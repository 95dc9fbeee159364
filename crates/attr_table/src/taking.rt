//! The facts of one element.
ghost use Rattle.std.specs.Prelude.{◌≡◌, ℕ, ◌+◌, ◌^◌, ◌<◌, ◌≤◌, IfOk, Some, length, slice_get};
ghost use Rattle.axml_reader.specs.declared.doc.Node.TheVariants.{Start};
ghost use Rattle.axml_reader.specs.Meaning.{document};
ghost use Rattle.attr_table.specs.Attributes.{known_count};
ghost use Rattle.attr_table.specs.Named.{named_at};
ghost use Rattle.attr_table.specs.Taken.{DraftsAs, IsStart, IsTakenAs, facets};
ghost use Rattle.attr_table.specs.Taking.{attrs_of, facets_at, finished, with_attr, with_attrs, with_known};

use crate::draft::Draft;
use crate::fault::AttrFault;
use crate::known::known_place;
use crate::setting::{drafted, set};
use crate::source::Source;
use crate::table::{HEIGHT, WIDTH, slot_at, takes_at};
use crate::types::THEME;
use crate::values::{find_resource, given};
use axml_reader::{Attr, Doc, Node};
use res_values::Resources;
use std::alloc::Global;
use view_model::refusals::{BAD_VALUE, DUPLICATE, NO_SIZE, THEME_REF};
use view_model::{Facts, Refusal, Text};

/// What the attributes of an element set.
#[derive(Drop)]
pub struct Taken {
    pub facts: Facts,
    pub text: Text,
    /// How many attributes are not known.
    pub ignored: u32,
}

/// What the element that begins at a node sets, with dimensions at a density in dots an inch. A refusal has no detail:
/// the caller knows the number of the element.
pub fn take(
    alloc: Global,
    doc: &Doc,
    node: usize,
    res: &Resources,
    dpi: u32,
) -> Result<Taken, AttrFault>
    requires { IsStart doc.now.nodes.items node }
    ensures value { IsTakenAs (facets_at (document doc.now) res.now dpi node) result }
    ensures named { IfOk result (λ taken. facets taken ≡ named_at (document doc.now) res.now dpi node) }
    ensures few { (line ns name first count : ℕ)
        → slice_get doc.now.nodes.items node ≡ Some (Start line ns name first count)
        → IfOk result (λ taken. taken.ignored ≤ count) }
{
    let source = Source { doc, res, dpi };
    let mut draft = Draft::new(alloc);
    take_attrs(alloc, &source, attrs_of(doc, node), &mut draft)?;
    finish(draft)
}

/// The attributes of the element that begins at a node.
fn attrs_of(doc: &Doc, node: usize) -> &[Attr]
    requires { IsStart doc.now.nodes.items node }
    ensures value { (start : Node)
        → slice_get doc.now.nodes.items node ≡ Some start
        → result.now ≡ attrs_of (document doc.now) start }
    ensures count { (line ns name first count : ℕ)
        → slice_get doc.now.nodes.items node ≡ Some (Start line ns name first count)
        → length result.now ≡ count }
    ensures few { length result.now < 2 ^ 32 }
{
    match doc.nodes[node] {
        Node::Start { first, count, .. } => {
            let first = first as usize;
            &doc.attrs[first..first + count as usize]
        }
        _ => &[],
    }
}

/// Takes one attribute after the other, up to the first refusal.
fn take_attrs(
    alloc: Global,
    source: &Source,
    attrs: &[Attr],
    draft: &mut Draft,
) -> Result<(), AttrFault>
    requires { draft.old.ignored + length attrs.now < 2 ^ 32 }
    ensures value { DraftsAs
        (with_attrs source.now.doc.now.pool source.now.res.now source.now.dpi attrs.now draft.old) draft.new result }
    ensures few { draft.new.ignored ≤ draft.old.ignored + length attrs.now }
{
    for attr in attrs {
        take_attr(alloc, source, *attr, draft)?;
    }
    Ok(())
}

/// Takes one attribute.
fn take_attr(alloc: Global, source: &Source, attr: Attr, draft: &mut Draft) -> Result<(), AttrFault>
    requires { draft.old.ignored + 1 < 2 ^ 32 }
    ensures value { DraftsAs
        (with_attr source.now.doc.now.pool source.now.res.now source.now.dpi attr draft.old) draft.new result }
    ensures few { draft.new.ignored ≤ draft.old.ignored + 1 }
{
    let Some(place) = known_place(&source.doc.pool, attr) else {
        draft.ignored += 1;
        return Ok(());
    };
    take_known(alloc, source, attr, place, draft)
}

/// Takes an attribute that is known.
#[tactic(auto, unfolding(crate::specs::Taking::with_known), using(crate::proofs::TableLaws::verbs))]
fn take_known(
    alloc: Global,
    source: &Source,
    attr: Attr,
    place: usize,
    draft: &mut Draft,
) -> Result<(), AttrFault>
    requires { place < known_count }
    ensures value { DraftsAs
        (with_known source.now.doc.now.pool source.now.res.now source.now.dpi attr place draft.old) draft.new result }
    ensures ignored { draft.new.ignored ≡ draft.old.ignored }
{
    if draft.came[place] {
        return Err(Refusal::plain(DUPLICATE).into());
    }
    if attr.kind == THEME {
        return Err(Refusal::plain(THEME_REF).into());
    }
    let takes = takes_at(place);
    let found = find_resource(source.res, takes, attr)?;
    let Some(given) = given(alloc, source, takes, attr, found)? else {
        return Err(Refusal::plain(BAD_VALUE).into());
    };
    set(slot_at(place), given, draft);
    draft.came[place] = true;
    Ok(())
}

/// The result of a draft, if there was a width and a height.
#[tactic(auto, unfolding(crate::specs::Taking::finished))]
fn finish(draft: Draft) -> Result<Taken, AttrFault>
    ensures value { IsTakenAs (finished draft) result }
    ensures ignored { IfOk result (λ taken. taken.ignored ≡ draft.ignored) }
{
    if !draft.came[WIDTH] || !draft.came[HEIGHT] {
        return Err(Refusal::plain(NO_SIZE).into());
    }
    Ok(Taken {
        facts: drafted(&draft),
        text: draft.text,
        ignored: draft.ignored,
    })
}
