//! What the value of an attribute means.

use view_model::Text;

/// What the value of an attribute means.
#[derive(Drop)]
pub enum Given {
    Pixels(i32),
    /// A number of another kind: an id, a colour, a weight in 256ths, or as the word has it.
    Word(u32),
    Text(Text),
}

▬▬▬▬▬▬

Exercise requirements:
Go through the entries and copy every line with "tactic".

Completed exercise:
#[tactic(auto, unfolding(crate::specs::Taking::with_known), using(crate::proofs::TableLaws::verbs))]
#[tactic(auto, unfolding(crate::specs::Taking::finished))]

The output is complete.